A contingency is an unexpected failure or outage of a system component such as generator, transmission line, circuit breaker, or other electrical element. To maintain reliability, the bulk electric system must be prepared to handle one or more contingencies without loss of system stability. To do this, the system must be able to transition to a new configuration where other equipment or resources pick up the function of the failed or lost component while also ensuring that components remaining in service are not overloaded.
Contingency analysis considers various scenarios to evaluate the impacts of contingencies and prioritize the development of continency plans. Planning for managing contingencies often uses the n-1 criteria. This means that the network should be able to continue functioning despite loss of the largest single contingency. In some cases this is a large power plant such as a nuclear generating station; in others it may be a large transmission line used to import power or deliver power from a region with significant generation to a region with significant amounts of load.

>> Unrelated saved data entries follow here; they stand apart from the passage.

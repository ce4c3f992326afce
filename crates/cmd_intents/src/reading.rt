//! A file of intents is read from its text: it is written as the schedule that it is, which is read.
ghost use Rattle.std.specs.Prelude.{◌≡◌, ◌⊎◌, ◌<◌, ◌^◌, ◌++◌, ◌+◌, Err, OnOk, IfOk, Some, length};
ghost use Rattle.cmd_schedule.specs.Reading.{pieces_of};
ghost use Rattle.cmd_schedule.specs.declared.fault.ScheduleFault.TheVariants.{NoMemory as WantOfMemory};
ghost use Rattle.cmd_intents.specs.Files;
ghost use Rattle.cmd_intents.specs.Files.{IsIntentFile, beyond, is_intent, is_resolve, judged, number_if, read_below, reading_intents, within};
ghost use Rattle.cmd_intents.specs.Rewritten.{IsRewritten};

use crate::file::IntentFile;
use crate::rewriting::{LineKind, MOST_LINES, heading, kind_of_line, push_ending, push_line};
use base_io::{Bytes, ListOf, NoMemory, Numbers};
use cmd_schedule::{LineWhy, Schedule, ScheduleFault, first_line, read_schedule};
use std::alloc::Global;

// Lines as a schedule has them: their text, how many there are, and which of them are `intent` lines and `resolve` lines.
#[derive(Drop)]
struct Rewritten {
    text: Bytes,
    next: u64,
    intents: Numbers,
    resolves: Numbers,
}

// The line is one too many.
fn is_beyond(kind: LineKind, so_far: &Rewritten) -> bool
    ensures { result ≡ Files.is_beyond (length so_far.now.intents.items) (length so_far.now.resolves.items) kind }
{
    match kind {
        LineKind::Plain => false,
        LineKind::Intent => so_far.intents.as_slice().len() as u64 >= MOST_LINES,
        LineKind::Resolve => so_far.resolves.as_slice().len() as u64 >= MOST_LINES,
    }
}

// The number of the next line is noted down.
fn note(so_far: &mut Rewritten, kind: LineKind) -> Result<(), NoMemory>
    ensures intents { OnOk result (so_far.new.intents.items ≡ so_far.old.intents.items ++ number_if (is_intent kind) so_far.old.next) }
    ensures resolves { OnOk result (so_far.new.resolves.items ≡ so_far.old.resolves.items ++ number_if (is_resolve kind) so_far.old.next) }
    ensures next { so_far.new.next ≡ so_far.old.next }
    ensures text { so_far.new.text.items ≡ so_far.old.text.items }
{
    match kind {
        LineKind::Plain => Ok(()),
        LineKind::Intent => so_far.intents.push(so_far.next),
        LineKind::Resolve => so_far.resolves.push(so_far.next),
    }
}

// The lines of a text above the first one that is one too many are written, and the text from that one on is left.
#[tactic(auto, using(crate::proofs::Lines::nothing_more))]
fn rewrite<'a>(so_far: &mut Rewritten, text: &'a [u8]) -> Result<&'a [u8], NoMemory>
    requires few { so_far.old.next + length text.now < 2 ^ 64 }
    ensures rest { IfOk result (λ rest. pieces_of rest.now ≡ beyond (length so_far.old.intents.items) (length so_far.old.resolves.items) (pieces_of text.now)) }
    ensures ok { OnOk result (IsRewritten so_far.old (within (length so_far.old.intents.items) (length so_far.old.resolves.items) (pieces_of text.now)) so_far.new) }
{
    let mut rest = text;
    while !rest.is_empty() {
        let (line, ended, after) = first_line(rest);
        let kind = match kind_of_line(line, ended) {
            Ok(kind) => kind,
            Err(NoMemory) => return Err(NoMemory),
        };
        let stops = is_beyond(kind, so_far);
        if stops {
            return Ok(rest);
        }
        push_line(&mut so_far.text, line, ended)?;
        note(so_far, kind)?;
        so_far.next += 1;
        rest = after;
    }
    Ok(rest)
}

// The file that good lines are. A line that is one too many after them is the bad one.
fn judged(file: IntentFile, number: u64, rest: &[u8]) -> Result<IntentFile, ScheduleFault>
    ensures { result ≡ judged file number (pieces_of rest.now) }
{
    if rest.is_empty() {
        return Ok(file);
    }
    let (_line, _ended, _after) = first_line(rest);
    Err(ScheduleFault::BadLine {
        line: number,
        why: LineWhy::Many,
    })
}

// The file of a heading and the lines after it.
fn read_lines(
    alloc: Global,
    heading: Bytes,
    ended: bool,
    below: &[u8],
) -> Result<IntentFile, ScheduleFault>
    requires { 2 + length below.now < 2 ^ 64 }
    ensures { (result ≡ Err WantOfMemory) ⊎ (result ≡ read_below (Some heading.items) ended (pieces_of below.now)) }
{
    let mut so_far = Rewritten {
        text: heading,
        next: 2,
        intents: ListOf::new(alloc),
        resolves: ListOf::new(alloc),
    };
    push_ending(&mut so_far.text, ended)?;
    let rest = rewrite(&mut so_far, below)?;
    let schedule = match read_schedule(alloc, so_far.text.as_slice())? {
        Schedule::Wire(schedule) => schedule,
        Schedule::Direct(_) => {
            return Err(ScheduleFault::BadLine {
                line: 1,
                why: LineWhy::Header,
            });
        }
    };
    let file = IntentFile {
        schedule,
        intents: so_far.intents,
        resolves: so_far.resolves,
    };
    judged(file, so_far.next, rest)
}

// What reading answers, unless memory runs out.
#[tactic(auto, unfolding(crate::specs::Files::reading_intents))]
fn file_of_bytes(alloc: Global, bytes: &[u8]) -> Result<IntentFile, ScheduleFault>
    ensures { (result ≡ Err WantOfMemory) ⊎ (result ≡ reading_intents bytes.now) }
{
    if bytes.is_empty() {
        return Err(ScheduleFault::BadLine {
            line: 1,
            why: LineWhy::Header,
        });
    }
    let (line, ended, below) = first_line(bytes);
    match heading(alloc, line)? {
        Some(heading) => read_lines(alloc, heading, ended, below),
        None => Err(ScheduleFault::BadLine {
            line: 1,
            why: LineWhy::Header,
        }),
    }
}

/// The file of intents that bytes are the text of. `BadLine` comes where they are the text of none: `Header` at line 1 where
/// that is none of such a file; else with the first bad line and its first reason, as `read_schedule` has them of the
/// schedule that the file is; `Many` besides, where an `intent` or `resolve` line is one too many. `NoMemory` comes where
/// memory ran out, whatever the bytes are.
pub fn read_intents(alloc: Global, bytes: &[u8]) -> Result<IntentFile, ScheduleFault>
    ensures exact { (result ≡ Err WantOfMemory) ⊎ (result ≡ reading_intents bytes.now) }
    ensures found { IfOk result IsIntentFile }
{
    file_of_bytes(alloc, bytes)
}
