//! Files of intents, run: which lines they stand for. An intent line is a message; a resolve line submits again what surely
//! wasn't taken, or asks for the archive.
#![tactic(auto)]

mod laws;

pub use laws::{files_are_line_lists, files_come_to_worlds_of_schedules};
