//! Why a call of the user was refused.
use base_io::NoMemory;
use std::error::Error;
use std::fmt;

/// Why no client was made.
#[derive(Clone, Copy, Debug, PartialEq, Eq)]
pub enum ClientFault {
    /// The address has a resource, or no local part.
    BadAccount,
    /// The password is empty, or not printable ASCII.
    BadPassword,
    /// The resource is none of an address (RFC 7622, section 3.4).
    BadResource,
    /// Memory ran out.
    NoMemory,
}

/// Why a submission was refused. The client is as it was.
#[derive(Clone, Copy, Debug, PartialEq, Eq)]
pub enum SayFault {
    /// The text is empty, is longer than 10,000 bytes, or has a character that XML lacks (XML 1.0, section 2.2).
    BadText,
    /// No session stands.
    NotBound,
    /// 1,000 stanzas or more wait to be acknowledged.
    OutboxFull,
    /// Memory ran out.
    NoMemory,
}

/// Why a catch-up was refused. The client is as it was.
#[derive(Clone, Copy, Debug, PartialEq, Eq)]
pub enum CatchUpStart {
    /// No session stands.
    NotBound,
    /// 1,000 stanzas or more wait to be acknowledged.
    OutboxFull,
    /// A page is open already.
    Underway,
    /// Memory ran out.
    NoMemory,
}

impl From<NoMemory> for ClientFault {
    ghost use Rattle.std.specs.Prelude.{◌≡◌};
    ghost use Rattle.cl_core.specs.declared.faults.ClientFault.{ClientFault};

    ghost from_gives = { λ _ fault. fault ≡ ClientFault.NoMemory };

    fn from(_error: NoMemory) -> ClientFault {
        ClientFault::NoMemory
    }
}

impl From<NoMemory> for SayFault {
    ghost use Rattle.std.specs.Prelude.{◌≡◌};
    ghost use Rattle.cl_core.specs.declared.faults.SayFault.{SayFault};

    ghost from_gives = { λ _ fault. fault ≡ SayFault.NoMemory };

    fn from(_error: NoMemory) -> SayFault {
        SayFault::NoMemory
    }
}

impl From<NoMemory> for CatchUpStart {
    ghost use Rattle.std.specs.Prelude.{◌≡◌};
    ghost use Rattle.cl_core.specs.declared.faults.CatchUpStart.{CatchUpStart};

    ghost from_gives = { λ _ fault. fault ≡ CatchUpStart.NoMemory };

    fn from(_error: NoMemory) -> CatchUpStart {
        CatchUpStart::NoMemory
    }
}

impl fmt::Display for ClientFault {
    fn fmt<W: fmt::Write>(&self, f: &mut fmt::Formatter<W>) -> fmt::Result {
        f.write_str(match self {
            ClientFault::BadAccount => "the account is no bare address with a local part",
            ClientFault::BadPassword => "the password is empty or not printable ASCII",
            ClientFault::BadResource => "the resource is none",
            ClientFault::NoMemory => "out of memory",
        })
    }
}

impl fmt::Display for SayFault {
    fn fmt<W: fmt::Write>(&self, f: &mut fmt::Formatter<W>) -> fmt::Result {
        f.write_str(match self {
            SayFault::BadText => "the text can't be sent",
            SayFault::NotBound => "no session stands",
            SayFault::OutboxFull => "too many stanzas wait",
            SayFault::NoMemory => "out of memory",
        })
    }
}

impl fmt::Display for CatchUpStart {
    fn fmt<W: fmt::Write>(&self, f: &mut fmt::Formatter<W>) -> fmt::Result {
        f.write_str(match self {
            CatchUpStart::NotBound => "no session stands",
            CatchUpStart::OutboxFull => "too many stanzas wait",
            CatchUpStart::Underway => "a page is open already",
            CatchUpStart::NoMemory => "out of memory",
        })
    }
}

impl Error for ClientFault {}

impl Error for SayFault {}

impl Error for CatchUpStart {}
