//! Items, one by one.
//!
//! A stanza is told by its name before it is read: so its tree is moved, and no memory is taken to find out that it
//! is none.
ghost use Rattle.std.specs.Prelude.{◌≡◌, Some, IfOk, OnErr, OnOk};
ghost use Rattle.cl_core.specs.Feeds.{IsStopped, with_fault};
ghost use Rattle.cl_handlers.specs.Speech.{in_bytes};
ghost use Rattle.cl_core.specs.Steps.{element_row, element_step, item_step, items_run, stream_condition};
ghost use Rattle.cl_handlers.specs.ClientSteps.{ends, left};
ghost use Rattle.cl_handlers.specs.declared.events.PeerFault.TheVariants.{Stream};
ghost use Rattle.cl_handlers.specs.Views.{client_step_of};

use crate::online::online;
use crate::replacing::replace_phase;
use base_io::{NoMemory, Text};
use cl_handlers::{ClientOut, ClientState, PeerFault, Phase};
use im_stanza::{STREAMS, stream_condition};
use std::alloc::Global;
use std::mem;
use xml_framer::{Fault, Item, Items};
use xml_trees::Tree;

// The condition of a stream error.
fn condition_of(alloc: Global, tree: &Tree) -> Result<Text, NoMemory>
    ensures { IfOk result (λ condition. condition ≡ stream_condition tree.now) }
{
    match stream_condition(tree) {
        Some(condition) => Text::from_str(alloc, condition),
        None => Text::from_str(alloc, "undefined-condition"),
    }
}

// A tree and an item are dropped by a call: where its scope drops it, each of its fields is a way of its own in the proof.

// An element, by the phase.
fn by_phase(
    state: &mut ClientState,
    alloc: Global,
    tree: Tree,
    out: &mut ClientOut,
) -> Result<(), NoMemory>
    ensures ok { OnOk result (client_step_of state.new out.new ≡ element_row in_bytes (client_step_of state.old out.old) state.old.phase tree) }
    ensures err { OnErr result (left (client_step_of state.new out.new) ≡ left (client_step_of state.old out.old)) }
{
    let phase = mem::replace(&mut state.phase, Phase::Apart);
    let done = match phase {
        Phase::Apart => Ok(()),
        Phase::Login(login) => state.login(alloc, login, &tree, out),
        Phase::Features2 => {
            replace_phase(&mut state.phase, Phase::Features2);
            state.features2(alloc, &tree, out)
        }
        Phase::Resuming => {
            replace_phase(&mut state.phase, Phase::Resuming);
            state.resuming(alloc, &tree, out)
        }
        Phase::Binding => {
            replace_phase(&mut state.phase, Phase::Binding);
            state.binding(alloc, &tree, out)
        }
        Phase::Enabling => {
            replace_phase(&mut state.phase, Phase::Enabling);
            state.enabling(alloc, &tree, out)
        }
        Phase::Online => {
            replace_phase(&mut state.phase, Phase::Online);
            return online(state, alloc, tree, out);
        }
    };
    drop(tree);
    done
}

// A stream error, which ends the connection.
fn end_by_error(
    state: &mut ClientState,
    alloc: Global,
    tree: &Tree,
    out: &mut ClientOut,
) -> Result<(), NoMemory>
    ensures ok { OnOk result (client_step_of state.new out.new ≡ ends (client_step_of state.old out.old) (Stream (stream_condition tree.now))) }
    ensures err { OnErr result (left (client_step_of state.new out.new) ≡ left (client_step_of state.old out.old)) }
{
    let condition = condition_of(alloc, tree)?;
    state.end(PeerFault::Stream(condition), out)
}

// An element.
fn take_element(
    state: &mut ClientState,
    alloc: Global,
    tree: Tree,
    out: &mut ClientOut,
) -> Result<(), NoMemory>
    ensures ok { OnOk result (client_step_of state.new out.new ≡ element_step in_bytes (client_step_of state.old out.old) tree) }
    ensures err { OnErr result (left (client_step_of state.new out.new) ≡ left (client_step_of state.old out.old)) }
{
    if tree.element().is(STREAMS, "error") {
        let ended = end_by_error(state, alloc, &tree, out);
        drop(tree);
        return ended;
    }
    by_phase(state, alloc, tree, out)
}

// The next item.
fn take_item(
    state: &mut ClientState,
    alloc: Global,
    item: Item,
    out: &mut ClientOut,
) -> Result<(), NoMemory>
    ensures ok { OnOk result (client_step_of state.new out.new ≡ item_step in_bytes (client_step_of state.old out.old) item) }
    ensures err { OnErr result (left (client_step_of state.new out.new) ≡ left (client_step_of state.old out.old)) }
{
    if state.is_apart() {
        drop(item);
        return Ok(());
    }
    match item {
        Item::Header { header, .. } => {
            drop(header);
            state.header(alloc, out)
        }
        Item::Element(tree) => take_element(state, alloc, tree, out),
        Item::Footer => state.end(PeerFault::Closed, out),
    }
}

/// The items of a piece, one by one. Want of memory leaves the connection; the items before the one in hand had their
/// effect, and that one had none.
#[tactic(auto, using(crate::proofs::Alongs::along_begin, crate::proofs::Alongs::along_step, crate::proofs::Alongs::along_end, crate::proofs::Alongs::along_stop))]
pub(crate) fn take_items(
    state: &mut ClientState,
    alloc: Global,
    items: Items,
    out: &mut ClientOut,
) -> Result<(), NoMemory>
    ensures ok { OnOk result (client_step_of state.new out.new ≡ items_run in_bytes (client_step_of state.old out.old) items.items) }
    ensures memory { OnErr result (IsStopped in_bytes (client_step_of state.old out.old) items.items (client_step_of state.new out.new)) }
{
    for item in items.into_items() {
        if let Err(NoMemory) = take_item(state, alloc, item, out) {
            replace_phase(&mut state.phase, Phase::Apart);
            return Err(NoMemory);
        }
    }
    Ok(())
}

/// The fault of the bytes, where the connection stands still.
pub(crate) fn take_fault(
    state: &mut ClientState,
    fault: Fault,
    out: &mut ClientOut,
) -> Result<(), NoMemory>
    ensures ok { OnOk result (client_step_of state.new out.new ≡ with_fault (client_step_of state.old out.old) (Some fault)) }
    ensures err { OnErr result (client_step_of state.new out.new ≡ left (client_step_of state.old out.old)) }
{
    if state.is_apart() {
        return Ok(());
    }
    state.end(PeerFault::Framing(fault), out)
}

A contingency plan includes how the system will be reconfigured in the event of one or more significant contingencies. For certain critical loads on a system more robust planning criteria such as n-2 may be used. Criteria that determine acceptable contingency conditions are determined by system operating limits. A system operating limit is the value (in MW, MVAR, amperes, frequency, or volts) that satisfies the most limiting operating criteria for a specified system configuration and ensures operation with acceptable reliability. Typical operation criteria include facility ratings, transient stability rating, voltage stability rating, and system voltage limits.